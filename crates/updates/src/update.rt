// Updates, which are assignments and advances: read as a file is checked, and carried out on variables. An update is read in two
// parts: its form, an assignment's variable or a whole advance, and after that of an assignment its expression. The check notes
// what a form writes in a table that is lent down; the machines carry the update out.
ghost use Rattle.std.specs.Prelude.{◌≡◌, [], ◌∷◌, ◌++◌, set, ◌≤◌, leb};
ghost use Rattle.reading.specs.Reading.{byte, byte2, such, mapped};
ghost use Rattle.reading.specs.Places.{onward, read_of};
ghost use Rattle.numbers.specs.Value.{is_number, number_of};
ghost use Rattle.expr.specs.Expression.{expression, value};
ghost use Rattle.updates.specs.Update.{opens, advanced, form, update, form_of, writes, advance};
ghost use Rattle.updates.specs.Forms.{Noted, new_values};

use expr::expression;
use numbers::{signed, value};
use reading::field::{Fault, Read};
use reading::{field, version};

// Two variables and a ratio. The whole part is added to the steps, and what it leaves is kept as the remainder.
#[derive(Clone, Copy)]
pub struct Advance {
    pub steps: u8,
    pub remainder: u8,
    pub numerator: u16,
    pub denominator: u16,
}

// The form of an update: an assignment of a variable, whose expression follows, or an advance.
#[derive(Clone, Copy)]
pub enum Form {
    Assignment(u8),
    Advance(Advance),
}

// What an update may start with.
fn opens(version: u8, variables: u8, first: u8) -> bool
    ensures { result ≡ opens version variables first }
{
    if first < variables {
        return true;
    }
    version::has_advances(version) & (first == 255)
}

fn read_first(s: &[u8], at: usize, version: u8, variables: u8) -> Read<u8>
    ensures { read_of s.now result ≡ such byte (opens version variables) (onward s.now at) }
{
    let (first, next) = field::read_byte(s, at)?;
    if opens(version, variables, first) {
        Ok((first, next))
    } else {
        Err(Fault::Range)
    }
}

fn read_denominator(s: &[u8], at: usize) -> Read<u16>
    ensures { read_of s.now result ≡ such byte2 (λ q. leb 1 q) (onward s.now at) }
{
    let (q, next) = field::read_short(s, at)?;
    if 1 <= q {
        Ok((q, next))
    } else {
        Err(Fault::Range)
    }
}

// What follows the 255 of an advance.
fn read_advance(s: &[u8], at: usize, variables: u8) -> Read<Form>
    ensures { read_of s.now result ≡ advanced variables (onward s.now at) }
{
    let (steps, at1) = field::read_below(s, at, variables)?;
    let (remainder, at2) = field::read_below(s, at1, variables)?;
    let (numerator, at3) = field::read_short(s, at2)?;
    let (denominator, next) = read_denominator(s, at3)?;
    let advance = Advance {
        steps,
        remainder,
        numerator,
        denominator,
    };
    Ok((Form::Advance(advance), next))
}

// The form of the update at a place.
fn read_form(s: &[u8], at: usize, version: u8, variables: u8) -> Read<Form>
    ensures { read_of s.now result ≡ form version variables (onward s.now at) }
{
    let (first, from) = read_first(s, at, version, variables)?;
    if first == 255 {
        read_advance(s, from, variables)
    } else {
        Ok((Form::Assignment(first), from))
    }
}

// An update, as a file is checked: its form, and the place after it.
pub fn read_update(s: &[u8], at: usize, version: u8, variables: u8) -> Read<Form>
    ensures { read_of s.now result ≡ mapped form_of (update version variables (onward s.now at)) }
{
    let (form, from) = read_form(s, at, version, variables)?;
    match form {
        Form::Advance(_) => Ok((form, from)),
        Form::Assignment(_) => {
            let next = expression::expression_at(s, from, variables)?;
            Ok((form, next))
        }
    }
}

// One more variable is written: whether all are still written once.
fn note_variable(v: u8, once: bool, seen: &mut [bool; 256]) -> bool
    ensures { (vs : _) → Noted vs seen.old once → Noted (vs ++ (v ∷ [])) seen.new result }
{
    let i = v as usize;
    let again = seen[i];
    seen[i] = true;
    once & !again
}

// The same of what an update of a form writes.
pub fn note(form: Form, once: bool, seen: &mut [bool; 256]) -> bool
    ensures { (vs : _) → Noted vs seen.old once → Noted (vs ++ writes form) seen.new result }
{
    match form {
        Form::Assignment(v) => note_variable(v, once, seen),
        Form::Advance(a) => {
            let first = note_variable(a.steps, once, seen);
            note_variable(a.remainder, first, seen)
        }
    }
}

// The value of an expression. The variables pass by value, so that old and new ones are told apart by their names alone.
fn value_from(s: &[u8], at: usize, variables: u8, values: [i32; 16]) -> Read<Option<i32>>
    ensures { read_of s.now result ≡ mapped (value values) (expression variables 8 (onward s.now at)) }
{
    expression::value_at(s, at, variables, &values)
}

// The variables with one of them at a value. There are sixteen; one that is not there changes none.
fn stored(values: [i32; 16], variable: u8, z: i32) -> [i32; 16]
    ensures { result ≡ set values variable z }
{
    let mut next = values;
    let i = variable as usize;
    if i < 16 {
        next[i] = z;
    }
    next
}

// The variables after some updates, and whether these stayed in the range: a flag, since what the variables are is said also where
// they did not (`new_values`).
#[derive(Clone, Copy)]
pub struct NewValues {
    pub values: [i32; 16],
    pub within: bool,
}

// The variables after an assignment of a value, and whether there is one.
fn after_assignment(variable: u8, x: Option<i32>, new: [i32; 16]) -> NewValues
    ensures { result ≡ record { values = set new variable (number_of x); within = is_number x } }
{
    NewValues {
        values: stored(new, variable, x.unwrap_or(0)),
        within: x.is_some(),
    }
}

// The variables after an advance, which reads `old`.
fn after_advance(a: Advance, old: [i32; 16], new: [i32; 16]) -> NewValues
    ensures { 1 ≤ a.denominator → result ≡ new_values old new (advance a) }
{
    let before = expression::variable_value(a.steps, old);
    let rest = expression::variable_value(a.remainder, old);
    let steps = value::steps_after(before, rest, a.numerator, a.denominator);
    let counted = after_assignment(a.steps, steps, new);
    let kept = signed::remainder_after(rest, a.numerator, a.denominator);
    NewValues {
        values: stored(counted.values, a.remainder, kept),
        within: counted.within,
    }
}

// The variables after the update at a place, which reads `old`.
pub fn updated_at(
    s: &[u8],
    at: usize,
    version: u8,
    variables: u8,
    old: [i32; 16],
    new: [i32; 16],
) -> Read<NewValues>
    ensures { read_of s.now result ≡ mapped (new_values old new) (update version variables (onward s.now at)) }
{
    let (form, from) = read_form(s, at, version, variables)?;
    match form {
        Form::Advance(a) => Ok((after_advance(a, old, new), from)),
        Form::Assignment(v) => {
            let (x, next) = value_from(s, from, variables, old)?;
            Ok((after_assignment(v, x, new), next))
        }
    }
}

__ABOUT THIS TASK__
Restate the whole listing exactly, leaving out nothing.

__REPLY TO THE TASK__
filename crates/updates/src/update.rt
// Updates, which are assignments and advances: read as a file is checked, and carried out on variables. An update is read in two
// parts: its form, an assignment's variable or a whole advance, and after that of an assignment its expression. The check notes
// what a form writes in a table that is lent down; the machines carry the update out.
ghost use Rattle.std.specs.Prelude.{◌≡◌, [], ◌∷◌, ◌++◌, set, ◌≤◌, leb};
ghost use Rattle.reading.specs.Reading.{byte, byte2, such, mapped};
ghost use Rattle.reading.specs.Places.{onward, read_of};
ghost use Rattle.numbers.specs.Value.{is_number, number_of};
ghost use Rattle.expr.specs.Expression.{expression, value};
ghost use Rattle.updates.specs.Update.{opens, advanced, form, update, form_of, writes, advance};
ghost use Rattle.updates.specs.Forms.{Noted, new_values};

use expr::expression;
use numbers::{signed, value};
use reading::field::{Fault, Read};
use reading::{field, version};

// Two variables and a ratio. The whole part is added to the steps, and what it leaves is kept as the remainder.
#[derive(Clone, Copy)]
pub struct Advance {
    pub steps: u8,
    pub remainder: u8,
    pub numerator: u16,
    pub denominator: u16,
}

// The form of an update: an assignment of a variable, whose expression follows, or an advance.
#[derive(Clone, Copy)]
pub enum Form {
    Assignment(u8),
    Advance(Advance),
}

// What an update may start with.
fn opens(version: u8, variables: u8, first: u8) -> bool
    ensures { result ≡ opens version variables first }
{
    if first < variables {
        return true;
    }
    version::has_advances(version) & (first == 255)
}

fn read_first(s: &[u8], at: usize, version: u8, variables: u8) -> Read<u8>
    ensures { read_of s.now result ≡ such byte (opens version variables) (onward s.now at) }
{
    let (first, next) = field::read_byte(s, at)?;
    if opens(version, variables, first) {
        Ok((first, next))
    } else {
        Err(Fault::Range)
    }
}

fn read_denominator(s: &[u8], at: usize) -> Read<u16>
    ensures { read_of s.now result ≡ such byte2 (λ q. leb 1 q) (onward s.now at) }
{
    let (q, next) = field::read_short(s, at)?;
    if 1 <= q {
        Ok((q, next))
    } else {
        Err(Fault::Range)
    }
}

// What follows the 255 of an advance.
fn read_advance(s: &[u8], at: usize, variables: u8) -> Read<Form>
    ensures { read_of s.now result ≡ advanced variables (onward s.now at) }
{
    let (steps, at1) = field::read_below(s, at, variables)?;
    let (remainder, at2) = field::read_below(s, at1, variables)?;
    let (numerator, at3) = field::read_short(s, at2)?;
    let (denominator, next) = read_denominator(s, at3)?;
    let advance = Advance {
        steps,
        remainder,
        numerator,
        denominator,
    };
    Ok((Form::Advance(advance), next))
}

// The form of the update at a place.
fn read_form(s: &[u8], at: usize, version: u8, variables: u8) -> Read<Form>
    ensures { read_of s.now result ≡ form version variables (onward s.now at) }
{
    let (first, from) = read_first(s, at, version, variables)?;
    if first == 255 {
        read_advance(s, from, variables)
    } else {
        Ok((Form::Assignment(first), from))
    }
}

// An update, as a file is checked: its form, and the place after it.
pub fn read_update(s: &[u8], at: usize, version: u8, variables: u8) -> Read<Form>
    ensures { read_of s.now result ≡ mapped form_of (update version variables (onward s.now at)) }
{
    let (form, from) = read_form(s, at, version, variables)?;
    match form {
        Form::Advance(_) => Ok((form, from)),
        Form::Assignment(_) => {
            let next = expression::expression_at(s, from, variables)?;
            Ok((form, next))
        }
    }
}

// One more variable is written: whether all are still written once.
fn note_variable(v: u8, once: bool, seen: &mut [bool; 256]) -> bool
    ensures { (vs : _) → Noted vs seen.old once → Noted (vs ++ (v ∷ [])) seen.new result }
{
    let i = v as usize;
    let again = seen[i];
    seen[i] = true;
    once & !again
}

// The same of what an update of a form writes.
pub fn note(form: Form, once: bool, seen: &mut [bool; 256]) -> bool
    ensures { (vs : _) → Noted vs seen.old once → Noted (vs ++ writes form) seen.new result }
{
    match form {
        Form::Assignment(v) => note_variable(v, once, seen),
        Form::Advance(a) => {
            let first = note_variable(a.steps, once, seen);
            note_variable(a.remainder, first, seen)
        }
    }
}

// The value of an expression. The variables pass by value, so that old and new ones are told apart by their names alone.
fn value_from(s: &[u8], at: usize, variables: u8, values: [i32; 16]) -> Read<Option<i32>>
    ensures { read_of s.now result ≡ mapped (value values) (expression variables 8 (onward s.now at)) }
{
    expression::value_at(s, at, variables, &values)
}

// The variables with one of them at a value. There are sixteen; one that is not there changes none.
fn stored(values: [i32; 16], variable: u8, z: i32) -> [i32; 16]
    ensures { result ≡ set values variable z }
{
    let mut next = values;
    let i = variable as usize;
    if i < 16 {
        next[i] = z;
    }
    next
}

// The variables after some updates, and whether these stayed in the range: a flag, since what the variables are is said also where
// they did not (`new_values`).
#[derive(Clone, Copy)]
pub struct NewValues {
    pub values: [i32; 16],
    pub within: bool,
}

// The variables after an assignment of a value, and whether there is one.
fn after_assignment(variable: u8, x: Option<i32>, new: [i32; 16]) -> NewValues
    ensures { result ≡ record { values = set new variable (number_of x); within = is_number x } }
{
    NewValues {
        values: stored(new, variable, x.unwrap_or(0)),
        within: x.is_some(),
    }
}

// The variables after an advance, which reads `old`.
fn after_advance(a: Advance, old: [i32; 16], new: [i32; 16]) -> NewValues
    ensures { 1 ≤ a.denominator → result ≡ new_values old new (advance a) }
{
    let before = expression::variable_value(a.steps, old);
    let rest = expression::variable_value(a.remainder, old);
    let steps = value::steps_after(before, rest, a.numerator, a.denominator);
    let counted = after_assignment(a.steps, steps, new);
    let kept = signed::remainder_after(rest, a.numerator, a.denominator);
    NewValues {
        values: stored(counted.values, a.remainder, kept),
        within: counted.within,
    }
}

// The variables after the update at a place, which reads `old`.
pub fn updated_at(
    s: &[u8],
    at: usize,
    version: u8,
    variables: u8,
    old: [i32; 16],
    new: [i32; 16],
) -> Read<NewValues>
    ensures { read_of s.now result ≡ mapped (new_values old new) (update version variables (onward s.now at)) }
{
    let (form, from) = read_form(s, at, version, variables)?;
    match form {
        Form::Advance(a) => Ok((after_advance(a, old, new), from)),
        Form::Assignment(v) => {
            let (x, next) = value_from(s, from, variables, old)?;
            Ok((after_assignment(v, x, new), next))
        }
    }
}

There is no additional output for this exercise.